(Saved data entries)

···

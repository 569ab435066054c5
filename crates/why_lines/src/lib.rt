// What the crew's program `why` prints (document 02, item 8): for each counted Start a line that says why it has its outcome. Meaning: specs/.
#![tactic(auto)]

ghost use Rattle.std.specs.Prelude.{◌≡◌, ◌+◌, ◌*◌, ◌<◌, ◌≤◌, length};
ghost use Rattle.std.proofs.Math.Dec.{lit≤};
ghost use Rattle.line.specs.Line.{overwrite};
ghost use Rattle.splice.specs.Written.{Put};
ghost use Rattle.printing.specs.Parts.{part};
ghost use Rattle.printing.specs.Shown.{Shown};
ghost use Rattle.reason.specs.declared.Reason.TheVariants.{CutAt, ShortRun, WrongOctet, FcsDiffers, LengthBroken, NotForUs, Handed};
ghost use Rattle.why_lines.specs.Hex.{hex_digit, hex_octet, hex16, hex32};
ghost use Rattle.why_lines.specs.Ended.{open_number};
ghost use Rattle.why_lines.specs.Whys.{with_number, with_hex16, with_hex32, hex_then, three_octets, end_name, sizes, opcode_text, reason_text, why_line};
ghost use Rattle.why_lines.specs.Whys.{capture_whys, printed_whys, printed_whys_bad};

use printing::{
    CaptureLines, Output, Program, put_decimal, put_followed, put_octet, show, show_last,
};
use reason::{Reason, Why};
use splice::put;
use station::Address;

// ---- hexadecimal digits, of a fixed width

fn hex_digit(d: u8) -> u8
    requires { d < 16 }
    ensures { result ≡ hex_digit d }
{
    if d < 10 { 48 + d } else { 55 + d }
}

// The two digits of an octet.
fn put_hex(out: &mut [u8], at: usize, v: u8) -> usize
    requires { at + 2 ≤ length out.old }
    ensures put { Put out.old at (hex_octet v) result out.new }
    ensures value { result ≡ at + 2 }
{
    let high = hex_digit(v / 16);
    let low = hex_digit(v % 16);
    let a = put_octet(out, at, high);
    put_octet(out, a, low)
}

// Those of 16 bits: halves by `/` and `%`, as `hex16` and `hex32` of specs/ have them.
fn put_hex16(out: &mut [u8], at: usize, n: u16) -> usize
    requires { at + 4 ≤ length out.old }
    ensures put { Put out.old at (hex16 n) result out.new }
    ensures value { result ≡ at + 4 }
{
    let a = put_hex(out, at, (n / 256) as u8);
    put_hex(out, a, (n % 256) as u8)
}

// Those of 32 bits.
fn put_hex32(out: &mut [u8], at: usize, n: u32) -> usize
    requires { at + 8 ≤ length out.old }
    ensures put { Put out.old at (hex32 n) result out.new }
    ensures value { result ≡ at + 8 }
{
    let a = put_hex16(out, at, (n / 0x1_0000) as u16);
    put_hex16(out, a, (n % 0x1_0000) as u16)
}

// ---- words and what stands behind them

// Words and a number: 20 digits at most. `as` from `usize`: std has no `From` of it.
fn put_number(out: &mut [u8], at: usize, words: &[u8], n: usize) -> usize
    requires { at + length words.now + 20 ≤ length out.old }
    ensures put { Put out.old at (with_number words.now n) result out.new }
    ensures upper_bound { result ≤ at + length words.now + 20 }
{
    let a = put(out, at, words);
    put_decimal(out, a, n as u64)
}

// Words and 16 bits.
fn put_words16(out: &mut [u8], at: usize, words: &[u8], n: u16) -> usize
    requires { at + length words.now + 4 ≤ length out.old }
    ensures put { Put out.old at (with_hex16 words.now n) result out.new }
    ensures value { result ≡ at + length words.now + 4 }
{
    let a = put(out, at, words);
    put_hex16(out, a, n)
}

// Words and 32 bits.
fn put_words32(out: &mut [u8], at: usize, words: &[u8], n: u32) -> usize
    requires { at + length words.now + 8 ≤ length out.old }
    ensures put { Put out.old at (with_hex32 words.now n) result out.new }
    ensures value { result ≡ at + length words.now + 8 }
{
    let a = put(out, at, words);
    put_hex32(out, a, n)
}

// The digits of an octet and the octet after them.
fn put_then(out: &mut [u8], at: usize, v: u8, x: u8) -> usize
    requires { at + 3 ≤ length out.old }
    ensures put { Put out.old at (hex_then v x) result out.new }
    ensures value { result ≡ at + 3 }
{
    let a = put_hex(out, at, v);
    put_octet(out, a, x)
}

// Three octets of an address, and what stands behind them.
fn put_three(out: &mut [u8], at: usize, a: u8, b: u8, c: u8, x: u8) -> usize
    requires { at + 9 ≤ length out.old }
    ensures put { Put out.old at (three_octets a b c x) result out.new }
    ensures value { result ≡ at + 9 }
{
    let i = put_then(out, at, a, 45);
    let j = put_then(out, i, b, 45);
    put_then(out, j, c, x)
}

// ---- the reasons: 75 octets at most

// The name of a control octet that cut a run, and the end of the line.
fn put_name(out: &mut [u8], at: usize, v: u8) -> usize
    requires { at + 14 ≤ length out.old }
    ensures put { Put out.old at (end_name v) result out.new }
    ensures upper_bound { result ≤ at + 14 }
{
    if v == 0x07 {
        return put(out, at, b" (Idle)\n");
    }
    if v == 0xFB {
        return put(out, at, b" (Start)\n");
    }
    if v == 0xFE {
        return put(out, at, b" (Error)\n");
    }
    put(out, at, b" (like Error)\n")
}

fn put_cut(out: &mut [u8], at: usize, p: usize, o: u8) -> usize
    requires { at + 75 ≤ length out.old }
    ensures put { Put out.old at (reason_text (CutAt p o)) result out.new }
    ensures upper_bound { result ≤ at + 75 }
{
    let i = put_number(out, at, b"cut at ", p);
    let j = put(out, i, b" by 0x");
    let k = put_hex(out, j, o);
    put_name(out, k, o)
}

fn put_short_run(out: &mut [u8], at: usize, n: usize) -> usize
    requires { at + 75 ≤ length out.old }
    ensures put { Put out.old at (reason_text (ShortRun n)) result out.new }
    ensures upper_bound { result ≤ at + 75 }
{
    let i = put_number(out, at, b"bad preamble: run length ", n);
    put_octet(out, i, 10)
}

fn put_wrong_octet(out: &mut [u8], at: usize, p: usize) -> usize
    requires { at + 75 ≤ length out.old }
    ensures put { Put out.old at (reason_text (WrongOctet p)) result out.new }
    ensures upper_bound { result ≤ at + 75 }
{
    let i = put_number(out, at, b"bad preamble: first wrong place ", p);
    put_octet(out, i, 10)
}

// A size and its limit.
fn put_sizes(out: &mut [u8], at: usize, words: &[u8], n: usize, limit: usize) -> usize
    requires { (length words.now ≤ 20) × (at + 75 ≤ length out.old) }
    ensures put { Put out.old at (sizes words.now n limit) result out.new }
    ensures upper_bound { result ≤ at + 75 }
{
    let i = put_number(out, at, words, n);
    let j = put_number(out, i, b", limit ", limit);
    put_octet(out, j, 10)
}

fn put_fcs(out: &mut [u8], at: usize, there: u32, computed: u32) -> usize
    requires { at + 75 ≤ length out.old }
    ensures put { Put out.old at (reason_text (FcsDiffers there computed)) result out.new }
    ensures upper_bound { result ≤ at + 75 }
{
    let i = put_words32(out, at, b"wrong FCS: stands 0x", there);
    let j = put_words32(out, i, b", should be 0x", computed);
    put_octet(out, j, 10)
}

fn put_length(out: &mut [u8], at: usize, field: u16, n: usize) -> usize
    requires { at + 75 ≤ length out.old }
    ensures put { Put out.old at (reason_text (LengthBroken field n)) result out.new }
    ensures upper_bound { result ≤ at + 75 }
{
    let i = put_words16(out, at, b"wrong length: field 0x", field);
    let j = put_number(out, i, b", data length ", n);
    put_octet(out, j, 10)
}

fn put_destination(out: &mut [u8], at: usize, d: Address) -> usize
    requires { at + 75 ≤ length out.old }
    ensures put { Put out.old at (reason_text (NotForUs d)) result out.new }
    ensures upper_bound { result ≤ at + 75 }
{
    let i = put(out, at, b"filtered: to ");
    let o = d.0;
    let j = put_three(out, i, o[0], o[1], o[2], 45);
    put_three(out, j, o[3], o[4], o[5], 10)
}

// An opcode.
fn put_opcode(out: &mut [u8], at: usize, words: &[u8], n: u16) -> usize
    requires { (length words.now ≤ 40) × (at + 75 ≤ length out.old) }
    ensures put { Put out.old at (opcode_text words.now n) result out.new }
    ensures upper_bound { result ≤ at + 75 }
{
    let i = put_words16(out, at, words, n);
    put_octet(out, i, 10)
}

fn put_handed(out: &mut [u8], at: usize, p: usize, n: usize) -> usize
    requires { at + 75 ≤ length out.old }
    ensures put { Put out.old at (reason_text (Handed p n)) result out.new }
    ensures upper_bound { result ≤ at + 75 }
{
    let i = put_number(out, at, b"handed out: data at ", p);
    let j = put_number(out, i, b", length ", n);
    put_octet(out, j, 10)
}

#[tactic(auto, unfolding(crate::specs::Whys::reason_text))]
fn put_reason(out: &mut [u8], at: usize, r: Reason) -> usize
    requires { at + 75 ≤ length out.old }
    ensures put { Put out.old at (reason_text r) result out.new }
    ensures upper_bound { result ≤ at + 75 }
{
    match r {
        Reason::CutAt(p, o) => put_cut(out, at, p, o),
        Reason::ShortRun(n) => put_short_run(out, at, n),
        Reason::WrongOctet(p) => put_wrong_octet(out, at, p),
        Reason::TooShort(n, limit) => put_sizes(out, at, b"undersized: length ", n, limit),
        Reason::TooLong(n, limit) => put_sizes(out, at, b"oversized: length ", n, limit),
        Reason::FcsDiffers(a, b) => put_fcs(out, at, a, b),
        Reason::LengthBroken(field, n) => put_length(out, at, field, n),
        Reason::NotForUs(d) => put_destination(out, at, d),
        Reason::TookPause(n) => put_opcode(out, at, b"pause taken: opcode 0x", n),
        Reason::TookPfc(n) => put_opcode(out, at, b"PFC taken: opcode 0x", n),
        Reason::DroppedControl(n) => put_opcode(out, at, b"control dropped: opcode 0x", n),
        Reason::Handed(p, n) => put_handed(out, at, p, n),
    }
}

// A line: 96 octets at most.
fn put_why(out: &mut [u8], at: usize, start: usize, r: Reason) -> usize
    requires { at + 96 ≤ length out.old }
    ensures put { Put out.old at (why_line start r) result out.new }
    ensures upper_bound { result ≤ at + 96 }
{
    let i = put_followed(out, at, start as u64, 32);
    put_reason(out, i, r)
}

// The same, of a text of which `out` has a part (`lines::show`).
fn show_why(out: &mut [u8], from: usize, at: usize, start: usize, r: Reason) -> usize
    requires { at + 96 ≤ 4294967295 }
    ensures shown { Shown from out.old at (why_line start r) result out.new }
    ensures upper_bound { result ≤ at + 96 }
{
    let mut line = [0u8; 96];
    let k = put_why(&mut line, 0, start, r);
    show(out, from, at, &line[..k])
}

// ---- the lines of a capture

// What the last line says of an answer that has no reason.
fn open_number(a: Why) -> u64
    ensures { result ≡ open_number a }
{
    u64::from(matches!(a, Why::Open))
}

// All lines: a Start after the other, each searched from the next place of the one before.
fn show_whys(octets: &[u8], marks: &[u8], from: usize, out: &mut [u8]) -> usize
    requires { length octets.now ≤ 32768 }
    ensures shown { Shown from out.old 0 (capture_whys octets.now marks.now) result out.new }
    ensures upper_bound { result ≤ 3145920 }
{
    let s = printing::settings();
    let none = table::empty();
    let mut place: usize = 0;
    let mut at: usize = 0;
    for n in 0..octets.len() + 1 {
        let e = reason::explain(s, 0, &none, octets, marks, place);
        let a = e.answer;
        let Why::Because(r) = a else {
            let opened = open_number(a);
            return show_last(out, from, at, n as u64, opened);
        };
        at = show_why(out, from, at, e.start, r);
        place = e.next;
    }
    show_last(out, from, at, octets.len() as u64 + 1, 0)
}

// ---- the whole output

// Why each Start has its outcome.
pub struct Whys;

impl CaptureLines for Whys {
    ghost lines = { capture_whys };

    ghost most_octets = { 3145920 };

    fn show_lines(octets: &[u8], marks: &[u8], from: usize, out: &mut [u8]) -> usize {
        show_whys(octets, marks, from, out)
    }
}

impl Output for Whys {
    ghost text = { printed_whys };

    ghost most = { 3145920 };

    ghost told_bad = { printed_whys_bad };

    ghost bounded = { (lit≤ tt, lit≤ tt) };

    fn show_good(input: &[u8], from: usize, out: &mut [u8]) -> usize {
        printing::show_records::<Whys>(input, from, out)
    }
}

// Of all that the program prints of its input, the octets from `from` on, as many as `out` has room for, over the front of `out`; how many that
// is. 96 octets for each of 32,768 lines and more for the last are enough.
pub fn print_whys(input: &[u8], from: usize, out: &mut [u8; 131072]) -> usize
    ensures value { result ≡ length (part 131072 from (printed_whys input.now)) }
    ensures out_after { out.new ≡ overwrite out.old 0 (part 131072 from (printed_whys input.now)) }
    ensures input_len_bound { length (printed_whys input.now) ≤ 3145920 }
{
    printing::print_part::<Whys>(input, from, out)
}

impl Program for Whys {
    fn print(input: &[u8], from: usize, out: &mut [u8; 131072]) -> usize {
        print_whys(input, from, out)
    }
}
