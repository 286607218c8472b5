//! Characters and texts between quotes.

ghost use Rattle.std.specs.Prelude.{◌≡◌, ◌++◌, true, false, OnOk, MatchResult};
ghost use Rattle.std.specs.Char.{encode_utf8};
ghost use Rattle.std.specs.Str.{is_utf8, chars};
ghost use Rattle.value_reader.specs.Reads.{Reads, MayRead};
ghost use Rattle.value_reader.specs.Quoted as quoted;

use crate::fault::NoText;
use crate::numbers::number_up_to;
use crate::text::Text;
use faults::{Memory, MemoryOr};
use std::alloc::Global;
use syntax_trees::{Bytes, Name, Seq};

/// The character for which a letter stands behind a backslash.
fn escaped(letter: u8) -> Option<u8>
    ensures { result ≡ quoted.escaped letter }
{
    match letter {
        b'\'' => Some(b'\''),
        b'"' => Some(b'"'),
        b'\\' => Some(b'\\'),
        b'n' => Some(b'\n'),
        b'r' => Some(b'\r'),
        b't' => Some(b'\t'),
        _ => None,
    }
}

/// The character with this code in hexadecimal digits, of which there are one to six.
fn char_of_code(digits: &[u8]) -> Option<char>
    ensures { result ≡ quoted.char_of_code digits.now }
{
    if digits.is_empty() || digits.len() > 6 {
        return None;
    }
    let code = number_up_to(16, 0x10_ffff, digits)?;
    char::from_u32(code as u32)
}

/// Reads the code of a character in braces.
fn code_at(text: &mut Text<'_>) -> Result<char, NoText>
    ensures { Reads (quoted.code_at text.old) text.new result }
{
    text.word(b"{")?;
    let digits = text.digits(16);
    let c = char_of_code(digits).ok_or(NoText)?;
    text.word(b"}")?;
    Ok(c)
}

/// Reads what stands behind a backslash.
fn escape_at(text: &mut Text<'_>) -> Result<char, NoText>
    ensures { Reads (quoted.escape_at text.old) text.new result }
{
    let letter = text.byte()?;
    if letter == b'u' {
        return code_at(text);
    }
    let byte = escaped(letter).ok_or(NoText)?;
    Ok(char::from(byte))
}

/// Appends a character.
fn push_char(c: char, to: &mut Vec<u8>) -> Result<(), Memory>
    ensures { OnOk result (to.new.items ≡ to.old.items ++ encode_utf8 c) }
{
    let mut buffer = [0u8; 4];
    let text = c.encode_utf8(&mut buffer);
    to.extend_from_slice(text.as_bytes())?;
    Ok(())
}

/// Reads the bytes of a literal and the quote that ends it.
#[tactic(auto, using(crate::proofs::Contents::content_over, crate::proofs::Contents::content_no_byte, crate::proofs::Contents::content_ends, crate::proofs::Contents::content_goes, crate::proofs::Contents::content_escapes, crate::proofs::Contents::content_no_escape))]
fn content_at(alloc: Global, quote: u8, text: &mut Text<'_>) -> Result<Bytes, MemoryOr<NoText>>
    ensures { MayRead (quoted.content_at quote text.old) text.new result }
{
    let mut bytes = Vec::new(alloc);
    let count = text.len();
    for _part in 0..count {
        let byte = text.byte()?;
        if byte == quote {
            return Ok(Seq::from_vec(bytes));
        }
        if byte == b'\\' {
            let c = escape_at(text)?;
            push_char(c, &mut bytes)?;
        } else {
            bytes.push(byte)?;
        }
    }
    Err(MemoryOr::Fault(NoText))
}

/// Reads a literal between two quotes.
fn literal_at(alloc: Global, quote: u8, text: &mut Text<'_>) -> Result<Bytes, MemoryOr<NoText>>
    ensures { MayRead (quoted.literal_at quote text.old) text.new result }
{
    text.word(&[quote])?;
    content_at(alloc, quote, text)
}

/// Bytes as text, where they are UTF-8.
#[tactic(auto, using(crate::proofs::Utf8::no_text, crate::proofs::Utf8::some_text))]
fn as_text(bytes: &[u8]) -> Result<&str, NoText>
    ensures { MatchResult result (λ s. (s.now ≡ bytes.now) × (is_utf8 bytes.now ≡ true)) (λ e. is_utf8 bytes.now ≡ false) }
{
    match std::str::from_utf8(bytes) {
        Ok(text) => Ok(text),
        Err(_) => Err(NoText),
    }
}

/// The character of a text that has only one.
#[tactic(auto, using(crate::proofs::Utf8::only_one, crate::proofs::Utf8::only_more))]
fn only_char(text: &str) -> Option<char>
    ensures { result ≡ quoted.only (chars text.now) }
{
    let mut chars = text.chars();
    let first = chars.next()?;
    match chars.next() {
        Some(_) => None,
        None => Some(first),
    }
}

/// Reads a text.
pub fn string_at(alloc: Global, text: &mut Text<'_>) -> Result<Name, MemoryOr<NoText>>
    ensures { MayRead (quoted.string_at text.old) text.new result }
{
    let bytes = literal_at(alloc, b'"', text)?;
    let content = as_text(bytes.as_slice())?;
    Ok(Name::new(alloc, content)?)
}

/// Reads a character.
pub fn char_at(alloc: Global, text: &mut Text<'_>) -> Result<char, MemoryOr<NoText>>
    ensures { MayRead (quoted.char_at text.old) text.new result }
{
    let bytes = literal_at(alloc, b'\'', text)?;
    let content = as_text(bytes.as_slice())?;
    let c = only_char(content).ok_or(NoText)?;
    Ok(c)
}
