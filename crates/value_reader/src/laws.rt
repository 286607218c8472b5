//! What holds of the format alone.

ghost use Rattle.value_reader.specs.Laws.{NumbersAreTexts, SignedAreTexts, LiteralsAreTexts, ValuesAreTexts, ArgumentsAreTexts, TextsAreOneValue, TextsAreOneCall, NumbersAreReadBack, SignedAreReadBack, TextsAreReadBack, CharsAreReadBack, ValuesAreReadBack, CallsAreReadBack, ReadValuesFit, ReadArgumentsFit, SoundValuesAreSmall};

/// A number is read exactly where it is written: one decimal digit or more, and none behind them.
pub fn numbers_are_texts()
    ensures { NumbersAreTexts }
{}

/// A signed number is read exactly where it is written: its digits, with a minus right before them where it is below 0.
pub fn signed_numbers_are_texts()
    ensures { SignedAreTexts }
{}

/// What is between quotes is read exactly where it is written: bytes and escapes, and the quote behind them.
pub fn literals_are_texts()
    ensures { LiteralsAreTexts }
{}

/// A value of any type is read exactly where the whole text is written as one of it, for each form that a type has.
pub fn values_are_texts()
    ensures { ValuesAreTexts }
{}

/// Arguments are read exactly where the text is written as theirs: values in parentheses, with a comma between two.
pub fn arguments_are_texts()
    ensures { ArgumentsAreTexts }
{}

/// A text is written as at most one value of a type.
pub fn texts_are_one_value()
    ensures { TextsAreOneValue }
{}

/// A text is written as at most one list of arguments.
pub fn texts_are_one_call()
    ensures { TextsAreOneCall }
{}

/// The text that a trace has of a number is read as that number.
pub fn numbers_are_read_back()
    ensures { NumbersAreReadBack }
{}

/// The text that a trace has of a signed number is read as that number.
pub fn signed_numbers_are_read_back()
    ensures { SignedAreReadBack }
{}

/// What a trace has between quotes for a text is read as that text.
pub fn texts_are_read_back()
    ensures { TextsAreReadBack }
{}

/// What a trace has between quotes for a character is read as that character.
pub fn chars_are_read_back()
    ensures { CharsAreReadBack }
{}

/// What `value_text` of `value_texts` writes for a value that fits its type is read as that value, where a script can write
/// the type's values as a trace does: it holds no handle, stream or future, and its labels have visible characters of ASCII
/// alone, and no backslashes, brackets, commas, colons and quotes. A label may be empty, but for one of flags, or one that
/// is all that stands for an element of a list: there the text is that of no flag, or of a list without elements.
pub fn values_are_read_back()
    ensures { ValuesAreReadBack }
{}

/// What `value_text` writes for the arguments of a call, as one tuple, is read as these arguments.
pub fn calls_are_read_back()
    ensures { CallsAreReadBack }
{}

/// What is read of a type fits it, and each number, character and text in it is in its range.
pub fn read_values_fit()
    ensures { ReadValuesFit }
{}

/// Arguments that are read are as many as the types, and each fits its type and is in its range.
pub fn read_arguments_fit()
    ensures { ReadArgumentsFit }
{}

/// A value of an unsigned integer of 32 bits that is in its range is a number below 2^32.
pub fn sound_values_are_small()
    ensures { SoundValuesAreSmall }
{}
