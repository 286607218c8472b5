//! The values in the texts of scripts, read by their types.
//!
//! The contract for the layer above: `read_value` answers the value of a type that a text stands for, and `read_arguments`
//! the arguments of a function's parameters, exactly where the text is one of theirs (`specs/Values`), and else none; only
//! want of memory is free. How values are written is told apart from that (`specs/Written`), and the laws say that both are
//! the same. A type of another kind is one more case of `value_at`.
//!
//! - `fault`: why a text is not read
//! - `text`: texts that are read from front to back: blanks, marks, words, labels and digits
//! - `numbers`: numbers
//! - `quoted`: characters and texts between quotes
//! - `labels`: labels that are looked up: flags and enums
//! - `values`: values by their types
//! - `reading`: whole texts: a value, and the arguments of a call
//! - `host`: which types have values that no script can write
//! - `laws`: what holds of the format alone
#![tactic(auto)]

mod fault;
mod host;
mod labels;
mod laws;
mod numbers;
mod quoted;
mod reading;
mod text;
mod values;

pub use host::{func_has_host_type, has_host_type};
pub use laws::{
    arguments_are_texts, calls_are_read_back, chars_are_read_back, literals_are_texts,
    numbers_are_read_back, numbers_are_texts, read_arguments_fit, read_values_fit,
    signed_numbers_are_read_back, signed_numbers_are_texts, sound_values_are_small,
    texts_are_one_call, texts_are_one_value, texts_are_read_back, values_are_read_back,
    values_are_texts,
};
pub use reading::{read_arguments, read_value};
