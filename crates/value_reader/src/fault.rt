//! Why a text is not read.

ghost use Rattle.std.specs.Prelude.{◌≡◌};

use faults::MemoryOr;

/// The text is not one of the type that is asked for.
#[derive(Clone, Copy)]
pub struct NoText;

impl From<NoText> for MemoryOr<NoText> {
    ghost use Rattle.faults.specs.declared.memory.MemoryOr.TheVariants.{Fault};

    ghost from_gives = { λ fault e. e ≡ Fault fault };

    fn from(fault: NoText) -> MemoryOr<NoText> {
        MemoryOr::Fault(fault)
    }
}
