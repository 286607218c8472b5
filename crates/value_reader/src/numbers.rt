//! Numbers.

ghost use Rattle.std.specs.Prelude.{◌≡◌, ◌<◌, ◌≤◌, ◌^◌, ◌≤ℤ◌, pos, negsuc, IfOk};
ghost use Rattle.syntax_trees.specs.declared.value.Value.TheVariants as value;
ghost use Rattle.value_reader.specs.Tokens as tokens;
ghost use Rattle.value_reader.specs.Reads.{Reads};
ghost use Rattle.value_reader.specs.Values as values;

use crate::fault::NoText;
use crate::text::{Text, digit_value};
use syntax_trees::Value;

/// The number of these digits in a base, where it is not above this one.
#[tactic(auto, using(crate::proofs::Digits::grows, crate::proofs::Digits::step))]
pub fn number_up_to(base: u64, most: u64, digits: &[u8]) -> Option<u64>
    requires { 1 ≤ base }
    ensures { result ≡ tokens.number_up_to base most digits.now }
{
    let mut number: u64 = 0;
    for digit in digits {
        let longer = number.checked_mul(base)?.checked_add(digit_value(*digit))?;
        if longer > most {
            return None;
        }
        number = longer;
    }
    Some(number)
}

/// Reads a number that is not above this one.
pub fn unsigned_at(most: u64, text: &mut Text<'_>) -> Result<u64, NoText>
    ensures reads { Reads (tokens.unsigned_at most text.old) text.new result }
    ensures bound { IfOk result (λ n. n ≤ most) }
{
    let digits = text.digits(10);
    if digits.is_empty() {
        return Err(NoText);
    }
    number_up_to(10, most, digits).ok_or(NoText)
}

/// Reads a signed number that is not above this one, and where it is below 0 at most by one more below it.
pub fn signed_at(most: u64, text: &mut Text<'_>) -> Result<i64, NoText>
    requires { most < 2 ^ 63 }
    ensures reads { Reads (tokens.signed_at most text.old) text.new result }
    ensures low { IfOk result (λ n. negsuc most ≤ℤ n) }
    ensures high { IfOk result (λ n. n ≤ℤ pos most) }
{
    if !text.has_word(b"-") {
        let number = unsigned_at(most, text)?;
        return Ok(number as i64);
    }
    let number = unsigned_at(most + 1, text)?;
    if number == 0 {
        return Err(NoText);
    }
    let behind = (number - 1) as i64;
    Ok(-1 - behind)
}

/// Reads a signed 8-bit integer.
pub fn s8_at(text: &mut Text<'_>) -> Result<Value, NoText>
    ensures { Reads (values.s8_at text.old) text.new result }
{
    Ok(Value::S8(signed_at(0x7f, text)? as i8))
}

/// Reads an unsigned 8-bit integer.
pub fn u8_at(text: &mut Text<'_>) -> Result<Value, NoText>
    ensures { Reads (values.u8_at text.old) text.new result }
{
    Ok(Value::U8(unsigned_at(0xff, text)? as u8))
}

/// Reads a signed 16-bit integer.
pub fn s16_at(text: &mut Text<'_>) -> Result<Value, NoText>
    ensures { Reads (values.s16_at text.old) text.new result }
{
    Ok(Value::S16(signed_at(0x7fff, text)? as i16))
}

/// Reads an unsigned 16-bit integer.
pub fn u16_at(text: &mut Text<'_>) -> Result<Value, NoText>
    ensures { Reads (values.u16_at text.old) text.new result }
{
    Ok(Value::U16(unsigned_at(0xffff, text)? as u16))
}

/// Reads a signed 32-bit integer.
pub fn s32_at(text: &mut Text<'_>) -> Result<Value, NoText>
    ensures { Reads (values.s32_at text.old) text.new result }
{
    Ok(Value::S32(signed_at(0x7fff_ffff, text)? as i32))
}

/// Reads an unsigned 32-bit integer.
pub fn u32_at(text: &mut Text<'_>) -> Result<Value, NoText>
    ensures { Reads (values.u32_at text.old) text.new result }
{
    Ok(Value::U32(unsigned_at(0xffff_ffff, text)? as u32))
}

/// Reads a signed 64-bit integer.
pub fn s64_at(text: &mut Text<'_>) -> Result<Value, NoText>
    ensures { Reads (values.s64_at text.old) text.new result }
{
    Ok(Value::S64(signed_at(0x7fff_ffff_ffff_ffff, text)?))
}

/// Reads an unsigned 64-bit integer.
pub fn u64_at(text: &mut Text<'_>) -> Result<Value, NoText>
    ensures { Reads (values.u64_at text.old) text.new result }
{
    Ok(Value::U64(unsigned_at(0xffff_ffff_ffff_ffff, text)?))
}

···

What you return should be exactly the lines above, starting at the one with "let byte = text.byte()?;" and ending at the one with "fn as_text(bytes: &[u8])", and nothing else.

▶ **Finished exercise**
        let byte = text.byte()?;
        if byte == quote {
            return Ok(Seq::from_vec(bytes));
        }
        if byte == b'\\' {
            let c = escape_at(text)?;
            push_char(c, &mut bytes)?;
        } else {
            bytes.push(byte)?;
        }
    }
    Err(MemoryOr::Fault(NoText))
}

/// Reads a literal between two quotes.
fn literal_at(alloc: Global, quote: u8, text: &mut Text<'_>) -> Result<Bytes, MemoryOr<NoText>>
    ensures { MayRead (quoted.literal_at quote text.old) text.new result }
{
    text.word(&[quote])?;
    content_at(alloc, quote, text)
}

/// Bytes as text, where they are UTF-8.
#[tactic(auto, using(crate::proofs::Utf8::no_text, crate::proofs::Utf8::some_text))]
fn as_text(bytes: &[u8]) -> Result<&str, NoText>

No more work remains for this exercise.